💥UPSC 2026, 2027 UAP Mentorship September Batch

Blockchain Technology: Prospects and Challenges

What are Stablecoins?

Why in the News?

Globally, stablecoins face regulatory scrutiny; the Bank of England has proposed ownership limits (£10k–£20k for individuals, £10m for businesses) to reduce banking system risks.

About Stablecoins:

  • Definition: Cryptocurrencies designed to maintain stable value, usually pegged to fiat currency, commodities, or other crypto.
  • Role: Provide price stability, often used to park profits or enable fast, low-cost cross-border transactions without intermediaries.
  • Use: Rarely for retail payments; mainly act as a bridge asset within crypto markets.
  • Types:
    • Fiat-backed (e.g., Tether/USDT).
    • Commodity-backed (gold, silver, oil).
    • Crypto-backed (collateralised by other cryptos).
    • Algorithmic (peg maintained via programmed supply-demand adjustments).
  • Example: Tether (USDT) backed in theory by cash and US Treasuries.
  • Market Growth: Could rise tenfold to $2 trillion by 2028 (Standard Chartered, Apr 2025).

Risks Associated with Stablecoins:

  • Financial Stability Risk: Vulnerable to bank-run scenarios.

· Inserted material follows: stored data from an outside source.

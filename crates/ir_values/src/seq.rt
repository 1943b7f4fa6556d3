//! The list of the whole project, over a `Vec`.
ghost use Rattle.std.specs.Prelude.{◌≡◌, ◌<◌, ◌↔◌, [], ◌∷◌, ◌++◌, length, slice_get, slice_set, IsTrue, OnOk, OnErr, IfOk, MatchOption};
ghost use Rattle.std.specs.Hash as fed;
ghost use Rattle.std.specs.Coded.{coded_list};
ghost use Rattle.std.proofs.Common.{ap};
ghost use Rattle.ir_values.specs.Equal.{equal, equal_decides, equal_equiv, equal_per};

use crate::data::{Copies, Exact};
use crate::memory::Memory;
use std::alloc::Global;
use std::hash::{Hash, Hasher};
use std::marker::Model;
use std::slice;

/// A list of items that grows at its end, seen by contracts as the list of the items.
#[derive(Debug, Drop)]
pub struct Seq<T> {
    items: Vec<T>,
}

impl<T> Model for Seq<T> {
    ghost use Rattle.std.specs.Prelude.{List};
    ghost use Rattle.std.specs.Coded.{coded_list};

    ghost Value = { List T };

    ghost coded = { coded_list T.code };

    ghost view = { λ s. s.items.items };
}

impl<T> Seq<T> {
    /// The empty list. It takes no memory.
    pub fn new(alloc: Global) -> Seq<T>
        ensures { result ≡ [] }
    {
        Seq {
            items: Vec::new(alloc),
        }
    }

    /// The list of a `Vec`'s items. It takes no memory.
    pub fn from_vec(items: Vec<T>) -> Seq<T>
        ensures { result ≡ items.items }
    {
        Seq { items }
    }

    /// The items in a `Vec`. It takes no memory.
    pub fn into_vec(self) -> Vec<T>
        ensures { result.items ≡ self }
    {
        let Seq { items } = self;
        items
    }

    /// The number of items.
    pub fn len(&self) -> usize
        ensures { result ≡ length self.now }
    {
        self.items.len()
    }

    /// Whether there is no item.
    pub fn is_empty(&self) -> bool
        ensures { IsTrue result ↔ (self.now ≡ []) }
    {
        self.items.is_empty()
    }

    /// The items.
    pub fn as_slice(&self) -> &[T]
        ensures { result.now ≡ self.now }
    {
        self.items.as_slice()
    }

    /// The item at index `i`, counted from 0 and below the length.
    pub fn at(&self, i: usize) -> &T
        requires { i < length self.now }
        ensures { slice_get self.now i ≡ Some result.now }
    {
        &self.items[i]
    }

    /// Takes the last item away and answers it, or None where there is none.
    pub fn pop(&mut self) -> Option<T>
        ensures { MatchOption result ((self.old ≡ []) × (self.new ≡ [])) (λ last. self.old ≡ self.new ++ last ∷ []) }
    {
        self.items.pop()
    }
}

impl<T: Drop> Seq<T> {
    /// Adds `x` last. [`Memory`] leaves the list as it was, and `x` is dropped.
    pub fn push(&mut self, x: T) -> Result<(), Memory>
        ensures ok { OnOk result (self.new ≡ self.old ++ x ∷ []) }
        ensures err { OnErr result (self.new ≡ self.old) }
    {
        self.items.push(x)?;
        Ok(())
    }

    /// Moves the items of `more` to the end. [`Memory`] leaves the list as it was, and `more` is dropped.
    pub fn append(&mut self, more: Seq<T>) -> Result<(), Memory>
        ensures ok { OnOk result (self.new ≡ self.old ++ more) }
        ensures err { OnErr result (self.new ≡ self.old) }
    {
        let mut items = more.into_vec();
        self.items.append(&mut items)?;
        Ok(())
    }

    /// Writes `x` at index `i`, counted from 0 and below the length, in place of the item there.
    pub fn set(&mut self, i: usize, x: T)
        requires { i < length self.old }
        ensures { self.new ≡ slice_set self.old i x }
    {
        self.items[i] = x;
    }
}

impl<T: Copy + Drop> Seq<T> {
    /// The list of a slice's items.
    pub fn from_slice(alloc: Global, items: &[T]) -> Result<Seq<T>, Memory>
        ensures { IfOk result (λ s. s ≡ items.now) }
    {
        Ok(Seq {
            items: Vec::from_slice(alloc, items)?,
        })
    }

    /// Adds the items of a slice last. [`Memory`] leaves the list as it was.
    pub fn extend_from_slice(&mut self, more: &[T]) -> Result<(), Memory>
        ensures ok { OnOk result (self.new ≡ self.old ++ more.now) }
        ensures err { OnErr result (self.new ≡ self.old) }
    {
        self.items.extend_from_slice(more)?;
        Ok(())
    }
}

impl<T: Copies> Copies for Seq<T> {
    fn copy(&self, alloc: Global) -> Result<Seq<T>, Memory> {
        let mut items = Vec::with_capacity(alloc, self.items.len())?;
        for x in self.items.as_slice() {
            items.push(x.copy(alloc)?)?;
        }
        Ok(Seq { items })
    }
}

impl<T: Exact> PartialEq for Seq<T> {
    ghost eq = { equal (coded_list T.row.coded) };

    ghost laws = { equal_per (coded_list T.row.coded) };

    fn eq(&self, other: &Seq<T>) -> bool {
        self.items.as_slice() == other.items.as_slice()
    }
}

impl<T: Exact> Eq for Seq<T> {
    ghost laws = { equal_equiv (coded_list T.row.coded) };
}

impl<T: Exact + Hash> Hash for Seq<T> {
    ghost hash_input = { fed.slice T.hash_input };

    ghost respects_eq = { λ xs ys e. ap (fed.slice T.hash_input) ((equal_decides (coded_list T.row.coded) xs ys).0 e) };

    fn hash<H: Hasher>(&self, state: &mut H) {
        self.items.as_slice().hash(state);
    }
}

impl<T: Exact> Exact for Seq<T> {
    ghost exact = { λ xs ys. (equal_decides (coded_list T.row.coded) xs ys).0 };
}

impl<'a, T> IntoIterator for &'a Seq<T> {
    type Item = &'a T;

    type IntoIter = slice::Iter<'a, T>;

    ghost use Rattle.std.specs.Slice.Iter.{iter_rest, iter_steps};
    ghost use Rattle.std.specs.Prelude.{◌^◌, map};
    ghost use Rattle.std.specs.Iterator.Runs.{EveryRun, ItemsMapTo};

    ghost into_iter_gives = { λ s it. (iter_rest it ≡ s.now) × (length (iter_rest it) < 2 ^ 64)
        × EveryRun (iter_steps {A = T}) (λ p. ItemsMapTo p (λ x. x.now) (iter_rest p.from)) };

    fn into_iter(self) -> slice::Iter<'a, T> {
        self.items.as_slice().iter()
    }
}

Example: TerraUSD collapse (2022) lost 60% peg value.
  • Banking System Impact: Can drain deposits from banks, reducing lending capacity.
  • BIS Concerns:
    • Singleness: Deviations from fiat peg in secondary markets.
    • Elasticity: Limited expansion due to reserve requirements.
    • Integrity: Weak KYC, enabling money laundering, terror financing.
  • Cybersecurity: DeFi-linked stablecoins prone to hacking and theft.
  • Regulatory Gaps: Lack of uniform global standards leads to fraud and accountability issues.

Global Regulatory Approaches:

  • United States, GENIUS Act (2025): Only insured financial institutions may issue; must hold 1:1 low-risk reserves; AML/CFT compliance required.
  • European Union, MiCA (2024): Regulates E-money Tokens (EMTs) and Asset-Referenced Tokens (ARTs); issuers restricted to authorised EU firms; strict reserve and consumer protection.
  • Hong Kong, Stablecoin Ordinance (2025): Licensing by HK Monetary Authority; full high-quality liquid reserves; strict audits and AML/CFT rules.
  • United Kingdom, Bank of England: Proposed ownership limits to prevent rapid deposit outflows and maintain financial stability.
[UPSC 2016] With reference to ‘Bitcoins’, sometimes seen in the news, which of the following statements is/are correct?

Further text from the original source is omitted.